Cain told Owensboro Times that Tuesday was the first time he was aware of any issue with the warehouse.
“I called Bill … and it’s my understanding that (regarding) the off-site facility, he was unaware it had to be inspected,” Cain said. “I think what we’re dealing with was a mistake, but it was an honest mistake. It’s unfortunate, but it occurred. But there was certainly no ill intent or any nefarious motive for it. As Bill indicated to me, it was just something that he had overlooked.”
Cain added, “Ultimately what occurred in that office was my responsibility, so if there’s any fault here it should lay on my shoulders, not Bill Thompson’s.”
Regarding Youngman’s insinuation of Cain’s administration misleading KACP, Cain said, “That’s absolutely not true. … He worked in that office. He knew how that office was run. He knows Bill Thompson’s integrity, and it’s unquestionable. For Sheriff Youngman to suggest that this is anything other than an honest mistake, in my personal and professional opinion, it’s disappointing. It’s frustrating, and he’s wrong.”
Asked whether he thought it was an oversight or if KACP was misled on purpose, Butler said, “I just don’t know. It would be hard for me to speculate on that. I mean, I really don’t know.”
Regardless, the KACP Executive Board voted on February 22 to remove DCSO from the accreditation program until the problems are resolved — a move that Youngman expected.
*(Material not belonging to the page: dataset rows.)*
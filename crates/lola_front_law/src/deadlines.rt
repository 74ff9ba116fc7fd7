//! The laws, about definitions alone.

ghost use Rattle.lola_model.specs.Acceptance.{IsAccepted};
ghost use Rattle.lola_front_law.specs.Formula.{AreDeadlines};
ghost use Rattle.lola_front_law.specs.LocalDues.{NextIsFirst, PlacesAreDue};
ghost use Rattle.lola_front_law.specs.LocalRates.{HasLocalRatesOf};

use lola_model::plan::Plan;

/// A clause with a rate is active exactly at the deadlines of its rate, the k-th of which is `k * den * 10^9 / num` nanoseconds, cut
/// to whole ones, after the moment from which the rate counts: the start of the run, or the instance's birth. It is never active in
/// the step of a row.
pub fn active_at_deadlines()
    ensures { AreDeadlines }
{}

/// The local deadline that a store tells, from any moment on, is the first deadline of all instances that live, by all local rates of
/// their streams, that is at this moment or later and no later than the latest time; and it tells none exactly where there is none.
pub fn next_is_first()
    ensures { NextIsFirst }
{}

/// The places that a store lists as due at a moment are those of the instances that live and have a local deadline at it: all of them,
/// no others, each once, in ascending order.
pub fn places_are_due()
    ensures { PlacesAreDue }
{}

/// What a store that is made for an accepted plan takes for the local rates of a stream are those of the stream's local clauses, and
/// each is above 0. So what is said of stores here holds of each store that is made for an accepted plan.
pub fn local_rates_are_theirs(_plan: &Plan)
    requires { IsAccepted _plan.now }
    ensures { HasLocalRatesOf _plan.now }
{}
“I completely agree with the KACP Board’s decision to suspend our accreditation. Failure to take action on their part would send the wrong message to other agencies,” he said. “It is very disappointing to have to do something like this right off the bat. But to continue enjoying the benefits of being accredited while knowing it was obtained under false pretenses is not something that I nor my command staff is willing to do.”
DCSO must also complete the entire accreditation process from the beginning before being considered for reinstatement.
“They’re gonna have to go back through the whole program and prove that they meet every standard again, which you have to do every 4 years anyway,” Butler said. “But they’ll have to do it basically from ground zero, and there’s 177 standards they’ll have to go through.”
Youngman and DCSO have already been diligently working to address the issues. He laid out a 14-point plan of action to KACP, including adding security cameras, repairing lighting, and having a third party complete an initial audit and inventory of items.
Youngman also wanted to make clear that no evidence problems have been identified.
“The integrity of the evidence is solid,” Youngman said. “I’ve talked to Commonwealth Attorney Bruce Kegel about that. He has no problems. It’s purely a matter of a previous administration misleading the Kentucky Association of Chiefs of Police to obtain accreditation.”
Butler said he’s not aware of any legal issues that would come from not disclosing the warehouse and that only the accreditation is affected.
Youngman said he hopes his actions show his dedication to being honest and running DCSO the right way.
“During my campaign I promised the people of Daviess County that transparency and accountability from the Sheriff’s Office,” he said. “Now that I am in office I am solely responsible for the actions of this office and integrity matters to me.”